Simplifying a Shapefile
To reduce size further, you might want to simplify your Shapefile. This looks to be possible in Quantum GIS, but I wanted to try out MapShaper which is recommended in the D3 documentation. Click launch, and upload the .shp file from the output of your Quantum GIS work.
I don’t have a good idea of how simplified you can go, but for Census Tract Shapefiles, I didn’t see much degradation even at 50% simplification level. When happy, click export in the upper right-hand corner and choose Shapefile – polygons. Download the two resulting files.
For the next step, we want to maintain the ‘properties’ section populated by data from the Shapefiles. Do ensure this section isn’t empty, replace your .shp and .shx files with these simplified versions, and don’t remove the rest of the files. This is to say delete your original .shp / .shx files and rename these simplified versions to match your old ones. Let me know if that doesn’t make sense.
Converting to GeoJSON using GDAL
Transfer these files to your Mac / Linux machine. You should have a folder with all the Shapefile files. Now we want to create a GeoJSON file for D3 to use from these files. Using the
ogr2ogr command to do this is pretty straightforward. It would look something like:
ogr2ogr -f geoJSON kc.json kc.shp
Note that the output file name comes before the input file name.
You should now have a GeoJSON file of your custom Census Tract section, ready to be used in D3.
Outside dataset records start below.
//! The client's end shakes hands, and then follows.

ghost use Rattle.std.specs.Prelude.{◌≡◌, None};
ghost use Rattle.ei_backend.specs.Lent.{LentClock};
ghost use Rattle.ei_pair.specs.Stages.{AsksEnd, HearsEnd};

use crate::server_end::ServerEnd;
use ei_backend::Clock;
use ei_client::{Context, Event};
use ei_event::EiEventConverter;
use ei_handler::Call;
use ei_handshake::EiHandshaker;
use ei_linked::Ends;
use ei_types::Error;
use std::alloc::Global;
use std::mem;

/// Hands an event to the client's handshaker. Where that hands the connection over, the converter is made.
fn ask<H: Call>(
    alloc: Global,
    context: &mut Context,
    asks: &mut EiHandshaker,
    converter: &mut Option<EiEventConverter<H>>,
    event: Event,
) -> Result<(), Error>
    requires none { converter.old ≡ None }
    ensures { AsksEnd asks.old context.old event result asks.new context.new converter.new }
{
    match asks.handle_event(context, event)? {
        Some(resp) => {
            drop(mem::replace(converter, Some(EiEventConverter::new(alloc, resp))));
            Ok(())
        }
        None => Ok(()),
    }
}

/// Hands an event to the client's handshaker, or to its converter once the handshake is done.
fn hear<H: Call, C: Clock>(
    alloc: Global,
    context: &mut Context,
    asks: &mut EiHandshaker,
    converter: &mut Option<EiEventConverter<H>>,
    clock: &mut C,
    event: Event,
) -> Result<(), Error>
    ensures hears { HearsEnd H.may_answer converter.old asks.old context.old event
        (C.view clock.old).left (C.view clock.new).left result asks.new context.new converter.new }
    ensures clock { LentClock C.later clock.old clock.new }
{
    match converter {
        Some(converter) => converter.handle_event(context, clock, event),
        None => ask(alloc, context, asks, converter, event),
    }
}

/// The same at the client's end of two.
pub(crate) fn hear_at<H: Call, C: Clock>(
    ends: &mut Ends<ServerEnd>,
    asks: &mut EiHandshaker,
    converter: &mut Option<EiEventConverter<H>>,
    clock: &mut C,
    event: Event,
) -> Result<(), Error>
    ensures hears { HearsEnd H.may_answer converter.old asks.old ends.old.client.context event
        (C.view clock.old).left (C.view clock.new).left result asks.new ends.new.client.context converter.new }
    ensures kept { ends.new ≡ record ends.old {
      client = record ends.old.client {
        context = ends.new.client.context;
      };
    } }
    ensures clock { LentClock C.later clock.old clock.new }
{
    hear(
        ends.alloc,
        &mut ends.client.context,
        asks,
        converter,
        clock,
        event,
    )
}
Here is my KC Metro GeoJSON file . You can see that the properties object maintains the information necessary to map the GeoJSON feature back to a Census Tract.
Display in D3
As a test, I wanted to display my new GeoJSON file in D3. Make sure to include
d3.geo.min.js in addition to
vis in your html.
xy = d3.geo.albersUsa().translate([-900,950]).scale(28000) path = d3.geo.path().projection(xy) vis = d3.select("#vis") .append("svg:svg") .attr("width", 900) .attr("height", 900) d3.json "data/kc3.json", (json) -> vis.append("svg:g") .attr("class", "tracts") .selectAll("path") .data(json.features) .enter().append("svg:path") .attr("d", path) .attr("fill-opacity", 0.5) .attr("fill", (d) -> if d.properties["STATEFP10"] == "20" then "#B5D9B9" else "#85C3C0") .attr("stroke", "#222")
This is mostly the same code as the D3’s choropleth example . You can see there is an arbitrary translation and scaling involved with the projection. This was done to zoom in on the region of interest. I am not sure what a better way to this would be. Any ideas / suggestions? Some idea of where to start with these values was provided by the Azimuthal Projection Toy from Ian Johnson .
I also use the “STATEFP10” property of each tract to determine the fill color. This results in different colors for Kansas and Missouri, to show that these properties are present in the simplified GeoJSON. Here’s an image of the result:
Again, perhaps not the smoothest way to get this GeoJSON file, but perhaps a starting point for others. Let me know if you have a better / different way to accomplish this.